Publié le 19 décembre 2023 06:00:00. Alors que la plupart des Irlandais ralentissent l’activité en vue des fêtes, la famille McNamara, éleveurs de chevaux à Co. Limerick, vit au rythme effréné de la saison des courses d’hiver, un moment crucial pour leur activité et pour l’économie hippique du pays.
- La famille McNamara, comme de nombreux professionnels du milieu équestre, travaille sans relâche pendant les jours fériés pour préparer les chevaux aux courses de Leopardstown et Limerick.
- Le circuit de Leopardstown génère chaque année environ 60 millions d’euros pour l’économie de Dublin.
- L’entreprise familiale, dirigée par Eric et Kate McNamara, se prépare à une saison chargée avec plusieurs chevaux engagés dans des courses importantes.
Dans la cour de l’élevage McNamara à Rathkeale, l’ambiance est résolument festive, mais pas pour les raisons habituelles. Un Père Noël en plastique, suspendu à un crochet près du matériel de selle, témoigne d’une réalité bien différente du repos dominical. Eric McNamara et sa fille Kate sont en pleine effervescence, s’occupant de leurs 50 chevaux, qui nécessitent tous un entretien quotidien : pansage, alimentation, et surtout, préparation aux courses de fin d’année.

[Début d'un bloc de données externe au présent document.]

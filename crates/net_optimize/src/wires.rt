//! Wires in which what is known of earlier ones stands in place of these.

ghost use Rattle.std.specs.Prelude.{◌≡◌, ◌≤◌, IfOk, IfSome, length, map};
ghost use Rattle.net_core.specs.declared.tree.Net.{Net};
ghost use Rattle.net_core.specs.declared.tree.Net.TheVariants as net;
ghost use Rattle.net_core.specs.View.{tree_of, right_of, wire_of};
ghost use Rattle.net_core.specs.Value.{Env, value, right_value};
ghost use Rattle.design_rules.specs.SolvedWires.Solving.{Solves};
ghost use Rattle.net_optimize.specs.Folding.{AreKnown, AreSameWires, IsValued};

use crate::depth::depth;
use crate::folding::folded_right;
use crate::marks::Marks;
use crate::reads::Reads;
use net_core::design::Wire;
use net_core::net_trees::copying::copied;
use net_core::net_trees::equal::is_same;
use net_core::net_trees::mark::right_mark;
use net_core::tree::{Expr, Net, Right};
use std::alloc::{AllocError, Global};

/// How deep the right side of a wire nests at most that stands where the wire was read. The grammar has no expressions
/// deeper than 64.
const DEEPEST: u32 = 24;

/// Wires, and what is known of each.
#[derive(Drop)]
pub(crate) struct Folded {
    pub(crate) wires: Vec<Wire>,
    pub(crate) known: Vec<Option<Expr<Net>>>,
}

// Whether an expression costs nothing.
fn is_simple(e: &Expr<Net>) -> bool {
    matches!(
        e,
        Expr::Const(_) | Expr::Read(_) | Expr::Bit(..) | Expr::PartSelect(..)
    )
}

// The first of these wires that has an expression for its right side, by their marks.
fn find(earlier: &[Wire], marks: &Marks, mark: u64, e: &Expr<Net>) -> Option<u32>
    requires { length earlier.now ≤ 4294967295 }
    ensures { IfSome result (λ j. (v : Env Net) → Solves v 0 (map wire_of earlier.now) → v.net (net.Wire j) ≡ value v (tree_of e.now)) }
{
    for j in marks.first(mark)..earlier.len() {
        if marks.has(j, mark)
            && let Right::Plain(other) = &earlier[j].right
            && is_same(other, e)
        {
            return Some(j as u32);
        }
    }
    None
}

// What stands in place of a wire with this right side: that itself, where it costs nothing or is moved, or an earlier wire that
// has it, where nothing is moved yet.
fn known_by(
    alloc: Global,
    earlier: &[Wire],
    marks: &Marks,
    right: &Right<Net>,
    moves: bool,
    is_read_once: bool,
) -> Result<Option<Expr<Net>>, AllocError>
    requires { length earlier.now ≤ 4294967295 }
    ensures { IfOk result (λ r. (v : Env Net) → Solves v 0 (map wire_of earlier.now) → IsValued v r (right_value v (right_of right.now))) }
{
    let Right::Plain(e) = right else {
        return Ok(None);
    };
    if is_simple(e) || moves && is_read_once && depth(e) <= DEEPEST {
        let same = copied(alloc, e)?;
        return Ok(Some(same));
    }
    if moves {
        return Ok(None);
    }
    match find(earlier, marks, right_mark(right), e) {
        Some(j) => Ok(Some(Expr::Read(Net::Wire(j)))),
        None => Ok(None),
    }
}

/// Wires of the same values. Either wires of equal right sides are read as the first of them, or the right side of a wire that is read
/// once is moved to where it is read.
pub(crate) fn folded_wires(
    alloc: Global,
    wires: &[Wire],
    reads: &Reads,
    moves: bool,
) -> Result<Folded, AllocError>
    requires { length wires.now ≤ 4294967295 }
    ensures count { IfOk result (λ f. length f.wires.items ≡ length wires.now) }
    ensures same { IfOk result (λ f. (v : Env Net) → Solves v 0 (map wire_of wires.now) → AreSameWires v (map wire_of wires.now) (map wire_of f.wires.items) × AreKnown v f.known.items) }
{
    let mut folded = Vec::new(alloc);
    let mut known = Vec::new(alloc);
    let mut marks = Marks::new(alloc);
    for wire in wires {
        let right = folded_right(alloc, &known, &wire.right)?;
        let is_read_once = reads.is_read_once(known.len());
        let fact = known_by(alloc, &folded, &marks, &right, moves, is_read_once)?;
        let mark = right_mark(&right);
        folded.push(Wire {
            width: wire.width,
            right,
        })?;
        known.push(fact)?;
        marks.push(mark)?;
    }
    Ok(Folded {
        wires: folded,
        known,
    })
}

« Je suppose que pour nous, c’est une période très chargée », confie Eric McNamara, entraîneur de chevaux. « Le jour de Noël, le réveillon, c’est comme n’importe quel autre jour. Nous avons quatre jours de courses intenses à Leopardstown et Limerick. C’est beaucoup de travail, mais nous l’apprécions. Nous avons fait ça toute notre vie et nous continuerons à profiter de notre dîner de Noël. Nous avons la chance d’avoir près de 50 chevaux à l’entraînement, ce qui signifie qu’ils doivent tous être montés chaque jour. »
Kate McNamara, qui travaille à plein temps aux côtés de son père, souligne l’ampleur de la tâche. « Il y a énormément de choses à faire », explique-t-elle. « Nous y sommes tellement habitués maintenant. Mon père n’est pas très à l’aise avec les téléphones et les ordinateurs, c’est donc à moi de gérer l’aspect administratif. » Cet aspect administratif est en constante augmentation, avec des inscriptions, des déclarations, et des exigences vétérinaires de plus en plus strictes, comme la tenue d’un registre précis pour l’administration des médicaments.
La saison des courses festives marque le début d’un programme chargé pour l’équipe McNamara. Après Leopardstown et Limerick, ils prévoient de participer à des événements à Punchestown, Fairyhouse et Tramore. « C’est un mode de vie », résume Eric McNamara. « Cette année, nous avons trois ou quatre chevaux qui iront à Leopardstown, alors que d’habitude nous n’en avons qu’un ou deux. Nous avons des chevaux engagés dans le Paddy Power, la County Final, et Millstream Lady courra dans le Pertemps. Nous serons bien représentés à Limerick, avec au moins trois ou quatre coureurs chaque jour, alors j’espère que nous remporterons une victoire quelque part. »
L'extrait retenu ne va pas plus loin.